Your task: The task calls for each record to be given again exactly.

----------

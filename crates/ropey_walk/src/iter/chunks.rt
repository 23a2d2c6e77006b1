//! The iterator over the chunks of a text.

ghost use Rattle.std.specs.Prelude.{◌≡◌, ⊤};
ghost use Rattle.ropey_walk.specs.Chunks.{IsRopeText};
ghost use Rattle.ropey_walk.specs.TwoWay.{turned, before_item, GivesPrev};
ghost use Rattle.ropey_walk.specs.Iter.{GivesChunk, IsBetweenPieces, pieces_before};
ghost use Rattle.ropey_walk.specs.Slices.{slice_pieces};

use crate::slice::RopeSlice;
use ropey_tree::node::OnTheWay;
use std::alloc::AllocError;
use std::iter::FusedIterator;
use std::marker::Model;

/// An iterator over the chunks of a text, in both directions. Contracts see the texts on both
/// sides.
///
/// Chunks have 1 to 984 bytes; joined they are the text. An empty text has none. A step descends
/// from the node above the last chunk, or from the root, in `O(log n)`, if that node has no further
/// chunk.
#[derive(Drop)]
pub struct Chunks<'a> {
    slice: RopeSlice<'a>,
    // The byte index of the position, between two chunks.
    byte_idx: usize,
    // The length of the text in bytes.
    len: usize,
    // The node above the leaf of the last step, from which the next step starts.
    near: Option<OnTheWay<'a>>,
    is_reversed: bool,
}

impl<'a> Model for Chunks<'a> {
    ghost use Rattle.std.specs.Prelude.{◌≡◌, ℕ, List};
    ghost use Rattle.str_indices.specs.Text.{byte_len};
    ghost use Rattle.ropey_walk.specs.Chunks.{text_of, IsRopeText};
    ghost use Rattle.ropey_walk.specs.TwoWay.{TwoWay, facing};
    ghost use Rattle.ropey_walk.specs.Iter.{IsBetweenPieces, pieces_before};
    ghost use Rattle.ropey_walk.specs.Slices.{slice_pieces, IsNear};

    ghost Value = { TwoWay (List ℕ) };

    ghost view = { λ chunks. facing chunks.is_reversed
        (pieces_before chunks.byte_idx (slice_pieces chunks.slice)) (slice_pieces chunks.slice) };

    ghost invariant = { λ chunks. IsBetweenPieces (slice_pieces chunks.slice) chunks.byte_idx ×
        (chunks.len ≡ byte_len (text_of (slice_pieces chunks.slice))) ×
        IsRopeText (slice_pieces chunks.slice) × IsNear chunks.slice chunks.near };
}

impl<'a> Chunks<'a> {
    /// Returns an iterator from a byte index at which a chunk starts, or from the end.
    pub(crate) fn at(slice: RopeSlice<'a>, byte_idx: usize) -> Self
        requires { IsBetweenPieces (slice_pieces slice) byte_idx }
        ensures place { result ≡ before_item (pieces_before byte_idx (slice_pieces slice.entry))
            (slice_pieces slice.entry) }
        ensures cut { IsRopeText (slice_pieces slice.entry) }
    {
        Chunks {
            slice,
            byte_idx,
            len: slice.len_bytes(),
            near: None,
            is_reversed: false,
        }
    }

    /// Reverses the direction: `next` and `prev` swap.
    pub fn reverse(&mut self)
        ensures { self.new ≡ turned self.old }
    {
        self.is_reversed = !self.is_reversed;
    }

    /// Returns the iterator with its direction reversed.
    pub fn reversed(mut self) -> Self
        ensures { result ≡ turned self.entry }
    {
        self.reverse();
        self
    }

    /// Returns the preceding chunk and moves back before it, or returns `None` and stays.
    pub fn prev(&mut self) -> Option<&'a str>
        ensures { GivesPrev GivesChunk self.old result self.new }
    {
        self.reverse();
        let chunk = self.next();
        self.reverse();
        chunk
    }
}

impl<'a> Iterator for Chunks<'a> {
    type Item = &'a str;

    ghost use Rattle.std.specs.Iterator.{item_count};

    ghost next_gives = { GivesChunk };

    ghost remaining = { item_count (λ chunks. chunks.ahead) };

    fn next(&mut self) -> Option<&'a str> {
        if self.is_reversed {
            if self.byte_idx == 0 {
                return None;
            }
            let mut near = self.near;
            let chunk = self.slice.chunk_near(&mut near, self.byte_idx - 1);
            self.near = near;
            self.byte_idx = chunk.start.bytes;
            Some(chunk.text)
        } else {
            if self.byte_idx == self.len {
                return None;
            }
            let mut near = self.near;
            let chunk = self.slice.chunk_near(&mut near, self.byte_idx);
            self.near = near;
            self.byte_idx += chunk.text.len();
            Some(chunk.text)
        }
    }
}

impl<'a> FusedIterator for Chunks<'a> {}

impl<'a> Clone for Chunks<'a> {
    ghost is_clone = { λ chunks copy. copy ≡ chunks };

    ghost is_infallible = { λ _. ⊤ };

    fn clone(&self) -> Result<Chunks<'a>, AllocError> {
        Ok(Chunks {
            slice: self.slice,
            byte_idx: self.byte_idx,
            len: self.len,
            near: self.near,
            is_reversed: self.is_reversed,
        })
    }
}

----------

Result of the task:
filename crates/ropey_walk/src/iter/chunks.rt
repository 23a2d2c6e77006b1
//! The iterator over the chunks of a text.

ghost use Rattle.std.specs.Prelude.{◌≡◌, ⊤};
ghost use Rattle.ropey_walk.specs.Chunks.{IsRopeText};
ghost use Rattle.ropey_walk.specs.TwoWay.{turned, before_item, GivesPrev};
ghost use Rattle.ropey_walk.specs.Iter.{GivesChunk, IsBetweenPieces, pieces_before};
ghost use Rattle.ropey_walk.specs.Slices.{slice_pieces};

use crate::slice::RopeSlice;
use ropey_tree::node::OnTheWay;
use std::alloc::AllocError;
use std::iter::FusedIterator;
use std::marker::Model;

/// An iterator over the chunks of a text, in both directions. Contracts see the texts on both
/// sides.
///
/// Chunks have 1 to 984 bytes; joined they are the text. An empty text has none. A step descends
/// from the node above the last chunk, or from the root, in `O(log n)`, if that node has no further
/// chunk.
#[derive(Drop)]
pub struct Chunks<'a> {
    slice: RopeSlice<'a>,
    // The byte index of the position, between two chunks.
    byte_idx: usize,
    // The length of the text in bytes.
    len: usize,
    // The node above the leaf of the last step, from which the next step starts.
    near: Option<OnTheWay<'a>>,
    is_reversed: bool,
}

impl<'a> Model for Chunks<'a> {
    ghost use Rattle.std.specs.Prelude.{◌≡◌, ℕ, List};
    ghost use Rattle.str_indices.specs.Text.{byte_len};
    ghost use Rattle.ropey_walk.specs.Chunks.{text_of, IsRopeText};
    ghost use Rattle.ropey_walk.specs.TwoWay.{TwoWay, facing};
    ghost use Rattle.ropey_walk.specs.Iter.{IsBetweenPieces, pieces_before};
    ghost use Rattle.ropey_walk.specs.Slices.{slice_pieces, IsNear};

    ghost Value = { TwoWay (List ℕ) };

    ghost view = { λ chunks. facing chunks.is_reversed
        (pieces_before chunks.byte_idx (slice_pieces chunks.slice)) (slice_pieces chunks.slice) };

    ghost invariant = { λ chunks. IsBetweenPieces (slice_pieces chunks.slice) chunks.byte_idx ×
        (chunks.len ≡ byte_len (text_of (slice_pieces chunks.slice))) ×
        IsRopeText (slice_pieces chunks.slice) × IsNear chunks.slice chunks.near };
}

impl<'a> Chunks<'a> {
    /// Returns an iterator from a byte index at which a chunk starts, or from the end.
    pub(crate) fn at(slice: RopeSlice<'a>, byte_idx: usize) -> Self
        requires { IsBetweenPieces (slice_pieces slice) byte_idx }
        ensures place { result ≡ before_item (pieces_before byte_idx (slice_pieces slice.entry))
            (slice_pieces slice.entry) }
        ensures cut { IsRopeText (slice_pieces slice.entry) }
    {
        Chunks {
            slice,
            byte_idx,
            len: slice.len_bytes(),
            near: None,
            is_reversed: false,
        }
    }

    /// Reverses the direction: `next` and `prev` swap.
    pub fn reverse(&mut self)
        ensures { self.new ≡ turned self.old }
    {
        self.is_reversed = !self.is_reversed;
    }

    /// Returns the iterator with its direction reversed.
    pub fn reversed(mut self) -> Self
        ensures { result ≡ turned self.entry }
    {
        self.reverse();
        self
    }

    /// Returns the preceding chunk and moves back before it, or returns `None` and stays.
    pub fn prev(&mut self) -> Option<&'a str>
        ensures { GivesPrev GivesChunk self.old result self.new }
    {
        self.reverse();
        let chunk = self.next();
        self.reverse();
        chunk
    }
}

impl<'a> Iterator for Chunks<'a> {
    type Item = &'a str;

    ghost use Rattle.std.specs.Iterator.{item_count};

    ghost next_gives = { GivesChunk };

    ghost remaining = { item_count (λ chunks. chunks.ahead) };

    fn next(&mut self) -> Option<&'a str> {
        if self.is_reversed {
            if self.byte_idx == 0 {
                return None;
            }
            let mut near = self.near;
            let chunk = self.slice.chunk_near(&mut near, self.byte_idx - 1);
            self.near = near;
            self.byte_idx = chunk.start.bytes;
            Some(chunk.text)
        } else {
            if self.byte_idx == self.len {
                return None;
            }
            let mut near = self.near;
            let chunk = self.slice.chunk_near(&mut near, self.byte_idx);
            self.near = near;
            self.byte_idx += chunk.text.len();
            Some(chunk.text)
        }
    }
}

impl<'a> FusedIterator for Chunks<'a> {}

impl<'a> Clone for Chunks<'a> {
    ghost is_clone = { λ chunks copy. copy ≡ chunks };

    ghost is_infallible = { λ _. ⊤ };

    fn clone(&self) -> Result<Chunks<'a>, AllocError> {
        Ok(Chunks {
            slice: self.slice,
            byte_idx: self.byte_idx,
            len: self.len,
            near: self.near,
            is_reversed: self.is_reversed,
        })
    }
}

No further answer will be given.